I had a decent answer for the background part but fumbled the 'why this team' bit.
Structure your answer as a concise narrative that connects your past ML experiences to the specific needs of Whatnot's live shopping platform. Focus on demonstrating adaptability and comfort with ambiguity by highlighting projects where you navigated unclear requirements or rapidly changing data. End by articulating a genuine, product-specific reason for joining this team, showing you've done your homework.
Pro tip: Avoid generic praise; instead, reference a recent Whatnot feature or ML challenge (e.g., real-time recommendations for live streams) and explain how your background uniquely positions you to tackle it. This shows genuine interest and technical insight.
Summarize your ML journey in 2-3 sentences, emphasizing roles and domains most relevant to e-commerce or real-time systems. Avoid listing every job; focus on themes.
Choose one or two projects where you dealt with unclear goals, shifting data, or rapid iteration. Describe the situation, your actions, and the outcome to show you thrive in ambiguity.
Explain what specifically draws you to Whatnot's team and product, such as the live shopping experience, real-time ML challenges, or the company's growth stage. Tie it to your skills and interests.
Mention how your background aligns with the team's mission or tech stack, and express enthusiasm for contributing to their specific ML problems.
End by reiterating your excitement and how you see yourself making an impact, inviting further discussion.
AI-generated suggestions, not part of the candidate's original notes. May be inaccurate — verify before relying on them.
This is the one I actually spent time on and it still felt shaky in the room.
Choose a specific, high-impact user pain point on Whatnot (e.g., discovery of relevant live streams or auction sniping) and propose an ML-driven solution that leverages your expertise. Structure your answer by clearly defining the problem, describing the solution, and outlining how you would measure success through A/B testing and key metrics. Emphasize the iterative nature of ML development and the importance of aligning with business goals.
Pro tip: Tie your proposed solution to Whatnot's core business metrics (e.g., GMV, engagement) and show awareness of potential trade-offs like model latency vs. accuracy.

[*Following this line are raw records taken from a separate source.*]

//! The words, under the rule, and each atomic step on them by a seat.
//!
//! Word 0 is the clock, word 1 the floor, and the slot of place i is word 8 i + 8, so that no two slots lie in one
//! cache line. The clock is stored by who has the desk, the floor by the desk, a slot by its session's seat alone.
ghost use Rattle.std.specs.Prelude.{◌≡◌, ℕ, ◌+◌, ◌*◌, ◌<◌, ◌≤◌, ◌++◌, ◌∷◌, max, true, false, List, [], length, slice_index, IfOk, IfErr, Option, Some, None};
ghost use Rattle.pin_board.specs.Rule.{slot};
ghost use Rattle.pin_board.specs.Slips.{AreInJournal, IsBeginning, IsNext};
ghost use Rattle.pin_board.specs.Views.{IsPin, IsDesk, IsBoth, IsSlip, IsTally, Met, Learned, pin_in, desk_in, pin_only, desk_only, pin_with_desk, slip_only, tally_only, clocked, stored, checked, rested, began, lifted, passed, drew, new_pin, new_desk, dealt_one, starting, least, idle, logged, wrote, rebased, aware, settled_now, gave, with_slip, without_slip};

use crate::step_kinds::{
    Begin, CheckFloor, Clash, Deal, Draw, GiveBack, GiveSlip, Learn, Lend, Lift, Meet, Never, Pass,
    ReadClock, Rebase, Rest, ReturnSlip, SettleNow, Store, TakeSlip, Write,
};
use crate::view::{BoardRules, SeatView};
use atomic_table::{Seat, Table};
use journal::Receipt;
use std::alloc::{AllocError, Global};

pub(crate) type Place = Seat<Receipt, SeatView>;

const CLOCK: usize = 0;

const FLOOR: usize = 1;

const IDLE: u64 = u64::MAX;

// Words from one slot to the next: 64 bytes.
const STRIDE: usize = 8;

/// The words, under the rule.
#[derive(Drop)]
pub(crate) struct Words {
    pub(crate) table: Table<Receipt, SeatView, u64, BoardRules, Global>,
    pub(crate) seats: usize,
    pub(crate) ghost sized: { (table.shared.table_id.words ≡ seats * 8 + 8) × (table.shared.key ≡ seats) × (seats ≤ 4096) },
}

fn first_words(alloc: Global, seats: usize) -> Result<Vec<u64>, AllocError>
    requires { seats ≤ 4096 }
    ensures wide { IfOk result (λ v. length v.items ≡ seats * 8 + 8) }
    ensures clock { IfOk result (λ v. slice_index v.items 0 ≡ 0) }
    ensures floor { IfOk result (λ v. slice_index v.items 1 ≡ 0) }
    ensures empty { IfOk result (λ v. (i : ℕ) → i < seats → slice_index v.items (i * 8 + 8) ≡ idle) }
{
    let mut words = vec![in alloc; IDLE; (seats + 1) * STRIDE]?;
    words[CLOCK] = 0;
    words[FLOOR] = 0;
    Ok(words)
}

Demonstrating a test-and-learn mindset with a clear hypothesis will set you apart.
Choose a concrete problem that users face on Whatnot, such as difficulty finding live streams that match their interests or missing out on auctions due to poor notifications. Quantify the pain point if possible (e.g., 'X% of users abandon the app after not finding a relevant stream within 2 minutes').
Describe a machine learning solution that addresses the pain point, such as a personalized recommendation system for live streams or a predictive model to alert users about upcoming auctions they'd likely bid on. Explain how it works at a high level, including data inputs, model type, and integration into the user experience.
Outline how you would measure the impact of your solution using A/B testing. Specify primary metrics (e.g., click-through rate, conversion rate, GMV) and guardrail metrics (e.g., user retention, latency). Describe the experiment design, including randomization unit, sample size, and duration.
Acknowledge potential challenges such as cold-start, data sparsity, or model bias, and explain how you would mitigate them. Emphasize the importance of iterating based on experiment results and user feedback.
AI-generated suggestions, not part of the candidate's original notes. May be inaccurate — verify before relying on them.